Saved data entries:
#####

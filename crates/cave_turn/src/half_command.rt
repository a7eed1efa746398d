ghost use Rattle.std.specs.Prelude.{◌≡◌, Some, None};
ghost use Rattle.cave_world.specs.declared.part.Part.TheVariants as part;
ghost use Rattle.cave_turn.specs.declared.request.Request.TheVariants as request_is;
ghost use Rattle.cave_turn.specs.Request.{half_command_of, act_or_ask};

use crate::request::{Request, Understood};
use cave_words::Word;
use cave_world::{Part, Talk};
use data_rows::Role;
use world_objects::Object;

/// Half a command: what was said of it before its other half.
#[derive(Clone, Copy, Debug, PartialEq, Eq)]
pub struct HalfCommand {
    /// The number of the action.
    pub verb: Option<u16>,
    /// The object; object 0 is none.
    pub object: Object,
}

impl HalfCommand {
    /// The half command that the game remembers.
    pub fn of(talk: Talk) -> HalfCommand
        ensures { result ≡ half_command_of talk }
    {
        HalfCommand {
            verb: talk.verb,
            object: talk.object,
        }
    }

    /// The verb that was said before is forgotten.
    pub(crate) fn forget_verb(self) -> HalfCommand
        ensures { result ≡ record self { verb = None } }
    {
        HalfCommand { verb: None, ..self }
    }

    /// A word is the verb.
    pub(crate) fn take_verb(self, number: u16) -> HalfCommand
        ensures { result ≡ record self { verb = Some number } }
    {
        HalfCommand {
            verb: Some(number),
            ..self
        }
    }

    /// An object is that of the command.
    pub(crate) fn take_object(self, object: Object) -> HalfCommand
        ensures { result ≡ record self { object = object } }
    {
        HalfCommand { object, ..self }
    }

    pub(crate) fn asks_for(self, request: Request) -> Understood
        ensures { result ≡ record { half = self; request = request } }
    {
        Understood {
            half: self,
            request,
        }
    }

    pub(crate) fn travels(self, motion: u16) -> Understood
        ensures { result ≡ record { half = self; request = request_is.Motion motion } }
    {
        self.asks_for(Request::Motion(motion))
    }

    pub(crate) fn tells_message(self, number: u16) -> Understood
        ensures { result ≡ record { half = self; request = request_is.Tell (part.Message number) } }
    {
        self.asks_for(Request::Tell(Part::Message(number)))
    }

    pub(crate) fn says(self, role: Role) -> Understood
        ensures { result ≡ record { half = self; request = request_is.Tell (part.Role role) } }
    {
        self.asks_for(Request::Tell(Part::Role(role)))
    }

    /// The verb is done to the object, if there is one; without a verb the player is asked for it.
    pub(crate) fn acts_by_verb(self, word: Word) -> Understood
        ensures { result ≡ record {
          half = self;
          request = act_or_ask self.verb self.object word;
        } }
    {
        match self.verb {
            Some(verb) => self.asks_for(Request::Act(verb, self.object, word)),
            None => self.asks_for(Request::WhatToDo(word)),
        }
    }
}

#####

__What is required__. Each entry should be written out again exactly, with no word left out.

__Solved exercise__.
filename crates/cave_turn/src/half_command.rt
repository a7eed1efa746398d
ghost use Rattle.std.specs.Prelude.{◌≡◌, Some, None};
ghost use Rattle.cave_world.specs.declared.part.Part.TheVariants as part;
ghost use Rattle.cave_turn.specs.declared.request.Request.TheVariants as request_is;
ghost use Rattle.cave_turn.specs.Request.{half_command_of, act_or_ask};

use crate::request::{Request, Understood};
use cave_words::Word;
use cave_world::{Part, Talk};
use data_rows::Role;
use world_objects::Object;

/// Half a command: what was said of it before its other half.
#[derive(Clone, Copy, Debug, PartialEq, Eq)]
pub struct HalfCommand {
    /// The number of the action.
    pub verb: Option<u16>,
    /// The object; object 0 is none.
    pub object: Object,
}

impl HalfCommand {
    /// The half command that the game remembers.
    pub fn of(talk: Talk) -> HalfCommand
        ensures { result ≡ half_command_of talk }
    {
        HalfCommand {
            verb: talk.verb,
            object: talk.object,
        }
    }

    /// The verb that was said before is forgotten.
    pub(crate) fn forget_verb(self) -> HalfCommand
        ensures { result ≡ record self { verb = None } }
    {
        HalfCommand { verb: None, ..self }
    }

    /// A word is the verb.
    pub(crate) fn take_verb(self, number: u16) -> HalfCommand
        ensures { result ≡ record self { verb = Some number } }
    {
        HalfCommand {
            verb: Some(number),
            ..self
        }
    }

    /// An object is that of the command.
    pub(crate) fn take_object(self, object: Object) -> HalfCommand
        ensures { result ≡ record self { object = object } }
    {
        HalfCommand { object, ..self }
    }

    pub(crate) fn asks_for(self, request: Request) -> Understood
        ensures { result ≡ record { half = self; request = request } }
    {
        Understood {
            half: self,
            request,
        }
    }

    pub(crate) fn travels(self, motion: u16) -> Understood
        ensures { result ≡ record { half = self; request = request_is.Motion motion } }
    {
        self.asks_for(Request::Motion(motion))
    }

    pub(crate) fn tells_message(self, number: u16) -> Understood
        ensures { result ≡ record { half = self; request = request_is.Tell (part.Message number) } }
    {
        self.asks_for(Request::Tell(Part::Message(number)))
    }

    pub(crate) fn says(self, role: Role) -> Understood
        ensures { result ≡ record { half = self; request = request_is.Tell (part.Role role) } }
    {
        self.asks_for(Request::Tell(Part::Role(role)))
    }

    /// The verb is done to the object, if there is one; without a verb the player is asked for it.
    pub(crate) fn acts_by_verb(self, word: Word) -> Understood
        ensures { result ≡ record {
          half = self;
          request = act_or_ask self.verb self.object word;
        } }
    {
        match self.verb {
            Some(verb) => self.asks_for(Request::Act(verb, self.object, word)),
            None => self.asks_for(Request::WhatToDo(word)),
        }
    }
}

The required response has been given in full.